Deep Learning methods for Text Generation

OverclockRo · September 30, 2019, 9:59am

Greetings to everyone,

I want to design a system that is able to generate stories or poetry based on a large dataset of text, without being needed to feed a text description/start/summary as input at inference time.

So far I did this using RNN 's, but as you know they have a lot of flaws. My question is, what are the best methods to achieve this task at the time? I searched for possibilities using Attention mechanisms , but it turns out that they are fitted for translation tasks.

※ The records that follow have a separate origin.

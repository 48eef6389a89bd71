//! Reading from a device.

ghost use Rattle.std.specs.Prelude.{◌≡◌, ◌↔◌, ◌≤◌, take, vec_len, IfOk, IfSome, true, false};
ghost use Rattle.std.specs.Io.KnownBytes.{Consumes};
ghost use Rattle.hp_report.specs.Device.{TakesAtMost, TakesFewer};
ghost use Rattle.hp_report.specs.declared.input.ReadFault.TheVariants.{NoMemory};

use crate::device::Source;
use std::alloc::{AllocError, Global};
use thiserror::Error;

/// Why the bytes of a device could not be read.
#[derive(Clone, Copy, Debug, PartialEq, Eq, Error)]
pub enum ReadFault {
    /// A read failed.
    #[error("a read failed")]
    Read,
    /// Memory ran out; no read failed.
    #[error("out of memory")]
    NoMemory,
}

impl From<AllocError> for ReadFault {
    ghost from_gives = { λ _ fault. fault ≡ NoMemory };

    fn from(_error: AllocError) -> ReadFault {
        ReadFault::NoMemory
    }
}

/// Reads the bytes of a device up to its end, or the first `limit` of them.
///
/// It never takes more than `limit` bytes from the device, and stops at the first read that fails or finds the end. A
/// read can fail only while fewer than `limit` bytes have been read. After a fault the bytes that were read are lost.
pub fn read_up_to<R: Source>(
    alloc: Global,
    reader: &mut R,
    limit: usize,
) -> Result<Vec<u8>, ReadFault>
    requires { R.has_failed reader.old ≡ false }
    ensures bytes { IfOk result (λ input. IfSome (R.remaining reader.old) (λ all.
        input.items ≡ take limit all)) }
    ensures taken { IfOk result (λ input.
        Consumes (R.remaining reader.old) (R.remaining reader.new) input.items) }
    ensures limit { IfOk result (λ input. vec_len input ≤ limit) }
    ensures most { TakesAtMost limit (R.remaining reader.old) (R.remaining reader.new) }
    ensures needed { result ≡ Err ReadFault.Read → TakesFewer limit (R.remaining reader.old) (R.remaining reader.new) }
    ensures read { result ≡ Err ReadFault.Read ↔ (R.has_failed reader.new ≡ true) }
{
    let mut input = Vec::new(alloc);
    let mut buf = [0u8; 4096];
    while input.len() < limit && !reader.ended() {
        let room = (limit - input.len()).min(buf.len());
        match reader.read(&mut buf[..room]) {
            Ok(count) => input.extend_from_slice(&buf[..count])?,
            Err(_) => return Err(ReadFault::Read),
        }
    }
    Ok(input)
}
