//! How a run ends.

ghost use Rattle.std.specs.Prelude.{◌≡◌};
ghost use Rattle.hp_report.specs.Exits.{code_of};

use crate::fault::Fault;

/// How a run without a fault ended.
#[derive(Clone, Copy, Debug, PartialEq, Eq)]
pub enum Status {
    /// With the script's report, or with an answer to each line.
    Reported,
    /// With the line that says why the script was refused.
    Refused,
}

/// The exit status of a program: 0 if all was reported, 2 if the script was refused, 4 after a fault.
pub fn exit_code(ended: &Result<Status, Fault>) -> u8
    ensures { result ≡ code_of ended.now }
{
    match ended {
        Ok(Status::Reported) => 0,
        Ok(Status::Refused) => 2,
        Err(_) => 4,
    }
}
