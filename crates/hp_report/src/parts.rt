//! The lines of units as a separate text.

ghost use Rattle.std.specs.Prelude.{◌≡◌, ◌+◌, ◌<◌, ◌^◌, IfOk, length, map, string_bytes};
ghost use Rattle.hp_model.specs.Report.{units_text};
ghost use Rattle.hp_report.specs.Mapped as model;

use crate::names::Names;
use crate::text::put_units;
use hp_rule::Library;
use hp_tree::UnitReport;
use std::alloc::{AllocError, Global};

/// The lines of a report for units, numbered from `first` on. With `with_tree` the trees of their transactions follow.
///
/// An error means that memory ran out.
pub fn units_text(
    alloc: Global,
    library: &Library,
    with_tree: bool,
    first: usize,
    units: &[UnitReport],
) -> Result<String, AllocError>
    requires { first + length units.now < 2 ^ 64 }
    ensures { IfOk result (λ text. string_bytes text
        ≡ units_text (model.library library.now) with_tree first (map model.unit_report units.now)) }
{
    let names = Names {
        classes: library.classes(),
        rules: library.rules(),
    };
    // Room for the line of one unit and the end of an answer, so that a short answer doesn't grow step by step.
    let mut out = String::with_capacity(alloc, 64)?;
    put_units(alloc, &mut out, &names, with_tree, first, units)?;
    Ok(out)
}
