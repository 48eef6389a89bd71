//! The input and output of a run: devices, and the text of a report.
//!
//! `specs/Mapped.antt` says what each type stands for in `hp_model`, whose `Report` defines the text.
#![tactic(auto)]

mod device;
mod ending;
mod fault;
mod file;
mod input;
mod names;
mod output;
mod parts;
mod report;
mod status;
mod stored;
mod text;
mod watched;

pub use device::{Sink, Source};
pub use fault::Fault;
pub use file::bytes_of_file;
pub use input::{ReadFault, read_up_to};
pub use output::{WriteFault, write_text};
pub use parts::units_text;
pub use report::{Report, write_report};
pub use status::{Status, exit_code};
pub use stored::{class_text, object_text, state_text};
pub use watched::Watched;
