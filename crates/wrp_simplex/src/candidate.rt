//! Rows and columns that may be chosen, and which of them comes first.

ghost use Rattle.std.specs.Prelude.{◌≡◌, true, false, Option, IfSome};
ghost use Rattle.wrp_simplex.specs.Candidates.{IsSized, IsNoLater, IsFirstOf};

/// A row or a column with its variable and a fraction, whose denominator is above 0.
#[derive(Debug, Drop, Clone, Copy)]
pub struct Candidate {
    pub place: u32,
    pub variable: u32,
    pub numerator: i128,
    pub denominator: i128,
}

/// Whether a candidate comes before another: its fraction is less, where that counts, or else its
/// variable has the lesser number.
fn precedes(by_fraction: bool, one: Candidate, other: Candidate) -> bool
    requires one { IsSized one }
    requires other { IsSized other }
    ensures yes { result ≡ true → IsNoLater by_fraction one other }
    ensures no { result ≡ false → IsNoLater by_fraction other one }
{
    if by_fraction {
        let left = one.numerator * other.denominator;
        let right = other.numerator * one.denominator;
        if left != right {
            return left < right;
        }
    }
    one.variable < other.variable
}

/// The first of two candidates, of which each may be missing.
pub fn first_of(
    by_fraction: bool,
    best: Option<Candidate>,
    next: Option<Candidate>,
) -> Option<Candidate>
    requires best { IfSome best IsSized }
    requires next { IfSome next IsSized }
    ensures first { IsFirstOf by_fraction best next result }
    ensures sized { IfSome result IsSized }
{
    let Some(one) = best else {
        return next;
    };
    let Some(other) = next else {
        return Some(one);
    };
    if precedes(by_fraction, other, one) {
        Some(other)
    } else {
        Some(one)
    }
}
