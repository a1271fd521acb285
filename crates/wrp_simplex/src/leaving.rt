//! The row that leaves.

ghost use Rattle.std.specs.Prelude.{◌≡◌, ◌<◌, length, IfSome, MatchOption};
ghost use Rattle.wrp_tableau.specs.Soundness.{IsSound};
ghost use Rattle.wrp_tableau.specs.Kept.{system};
ghost use Rattle.wrp_simplex.specs.Steps.{IsBroken, IsFeasible, IsLeaving};
ghost use Rattle.wrp_simplex.specs.Candidates.{IsSized, IsBrokenRow};

use crate::candidate::{Candidate, first_of};
use wrp_tableau::Tableau;

/// From so many steps on the basic values no longer count.
const STEPS_BY_VALUE: u32 = 10_000;

/// A row as a candidate with its basic value, where it is broken.
fn broken_row(tableau: &Tableau, row: u32) -> Option<Candidate>
    requires sound { IsSound (system tableau.now) }
    requires there { row < length tableau.now.rows }
    ensures is { MatchOption result (IsBroken (system tableau.now) row → ⊥)
        (IsBrokenRow (system tableau.now) row) }
    ensures sized { IfSome result IsSized }
{
    let right = tableau.right(row);
    if right == 0 {
        return None;
    }
    let variable = tableau.basic(row);
    let entry = tableau.entry(row, variable);
    if (entry < 0) == (right < 0) {
        return None;
    }
    Some(Candidate {
        place: row,
        variable,
        numerator: -right.abs(),
        denominator: entry.abs(),
    })
}

/// The row that leaves after so many steps; `None` where no row is broken.
pub fn leaving_row(tableau: &Tableau, rows: u32, steps: u32) -> Option<u32>
    requires sound { IsSound (system tableau.now) }
    requires rows { rows ≡ length tableau.now.rows }
    ensures { MatchOption result (IsFeasible (system tableau.now))
        (IsLeaving (system tableau.now) steps) }
{
    let by_value = steps < STEPS_BY_VALUE;
    let mut best = None;
    for row in 0..rows {
        best = first_of(by_value, best, broken_row(tableau, row));
    }
    match best {
        None => None,
        Some(first) => Some(first.place),
    }
}
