//! The rows of K-C cuts.
ghost use Rattle.std.specs.Prelude.{◌≡◌, ◌+◌, ◌*◌, ◌<◌, ◌≤◌, true, pos, unsigned_abs, ◌-◌, ◌++◌, if◌then◌else◌, [], ◌∷◌, length, OnOk};
ghost use Rattle.wrp_town.specs.Arcs.{is_legal, legal_arcs};
ghost use Rattle.wrp_rules.specs.Rules.{is_partition};
ghost use Rattle.wrp_rules.specs.Rows.{joining_demands, chain_distance, kc_row, is_chain};
ghost use Rattle.wrp_pool.specs.Pools.{most_right_side};
ghost use Rattle.wrp_pool.specs.Chains.{distance_at};
ghost use Rattle.wrp_pool.specs.Cuts.{terms_unless_zero, Gains};

use crate::chain::{head_set, joins_ends, tail_set};
use crate::row::Pool;
use std::alloc::{AllocError, Global};
use wrp_town::Town;

/// How far apart the sets of the ends of an arc are, where the first and the last count as
/// `last - 2`.
fn chain_distance(town: &Town, last: u32, of: &[u32], arc: u32) -> u32
    requires there { arc < 2 * length town.now.streets }
    requires sets { is_partition town.now last of.now ≡ true }
    ensures value { result ≡ chain_distance town.now last of.now arc }
    ensures most { result ≤ last }
{
    if joins_ends(town, last, of, arc) {
        last - 2
    } else {
        tail_set(town, of, arc).abs_diff(head_set(town, of, arc))
    }
}

/// Adds the term of an arc, where it is legal and has ends in different sets.
fn push_distance(
    town: &Town,
    last: u32,
    of: &[u32],
    arc: u32,
    terms: &mut Vec<(u16, i32)>,
) -> Result<(), AllocError>
    requires there { arc < 2 * length town.now.streets }
    requires sets { is_partition town.now last of.now ≡ true }
    requires few { last ≤ length of.now + 1 }
    ensures { OnOk result (terms.new.items ≡ terms.old.items
        ++ terms_unless_zero (distance_at town.now last of.now)
        (if is_legal town.now arc then arc ∷ [] else [])) }
{
    if town.cost(arc).is_none() {
        return Ok(());
    }
    let distance = chain_distance(town, last, of, arc);
    if distance != 0 {
        terms.push((arc as u16, distance as i32))?;
    }
    Ok(())
}

/// Adds the terms of all arcs.
fn push_distances(
    town: &Town,
    last: u32,
    of: &[u32],
    terms: &mut Vec<(u16, i32)>,
) -> Result<(), AllocError>
    requires sets { is_partition town.now last of.now ≡ true }
    requires few { last ≤ length of.now + 1 }
    ensures { OnOk result (terms.new.items ≡ terms.old.items
        ++ terms_unless_zero (distance_at town.now last of.now) (legal_arcs town.now)) }
{
    for arc in 0..2 * town.streets.len() as u32 {
        push_distance(town, last, of, arc, terms)?;
    }
    Ok(())
}

/// The right side of a K-C cut.
#[tactic(auto, using(crate::proofs::Distances::product_fits))]
fn right_side(last: u32, joining: u32) -> i32
    requires least { 3 ≤ last }
    requires most { last ≤ 2001 }
    requires joining { joining ≤ 4000 }
    ensures value { result ≡ pos (2 * (last - 1) + (last - 2) * joining) }
    ensures size { unsigned_abs result ≤ most_right_side }
{
    (2 * (last - 1) + (last - 2) * joining) as i32
}

impl Pool {
    /// Adds the row of a K-C cut, where so many demands join the first set and the last.
    ///
    /// # Errors
    ///
    /// Want of memory alone.
    #[tactic(auto, using(crate::proofs::Distances::last_is_small, crate::proofs::Distances::least_last, crate::proofs::Distances::few_joining, crate::proofs::Holders::few_sets))]
    pub fn push_kc(
        &mut self,
        alloc: Global,
        town: &Town,
        last: u32,
        of: &[u32],
        joining: u32,
    ) -> Result<(), AllocError>
        requires sets { is_partition town.now last of.now ≡ true }
        requires chain { is_chain town.now last of.now ≡ true }
        requires joining { joining ≡ joining_demands town.now last of.now }
        ensures { OnOk result (Gains town.now (kc_row town.now last of.now) self.old self.new) }
    {
        let mut terms = Vec::new(alloc);
        push_distances(town, last, of, &mut terms)?;
        self.push_row(terms, right_side(last, joining))
    }
}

P.S. I know about GPT-2, Bert, Transformer , etc., but all of them need a text description as input, before the generation and this is not what I’m seeking. I want a system able to generate stories from scratch after training.

Thanks a lot!

vdw · September 30, 2019, 10:08am

What do you mean by “from scratch”? Say you have an encoder-decoder model, you have to give the decoder something to generate the text output. The only thing I see would be that you sample a random vector from your hidden/latent space, give it to the decoder and hope for the best. I tried that a bit with a Variational Autoencoder for sentences, and the results are questionable at best (but I cannot exclude that I made mistakes)

OverclockRo · September 30, 2019, 10:45am

What I mean is that it should be able to generate text like the RNN does.
I give it a “” token and then I refeed its outputs, when it comes to inference time.
GPT-2 requires a starting phrase, for example.

My dream model would be A kind of Encoder-Decoder model where encoder starts form and then expands with each generated token in the decoder, while the decoder would be able to use attention mechanisms on the Encoder, or so to say, over the entire generated text.

I hope I explain in such a way to be understandable.

zhangguanheng66 · September 30, 2019, 2:03pm

I would suggest you to take a look at the word language model. During inference, you need to provide a random number as input.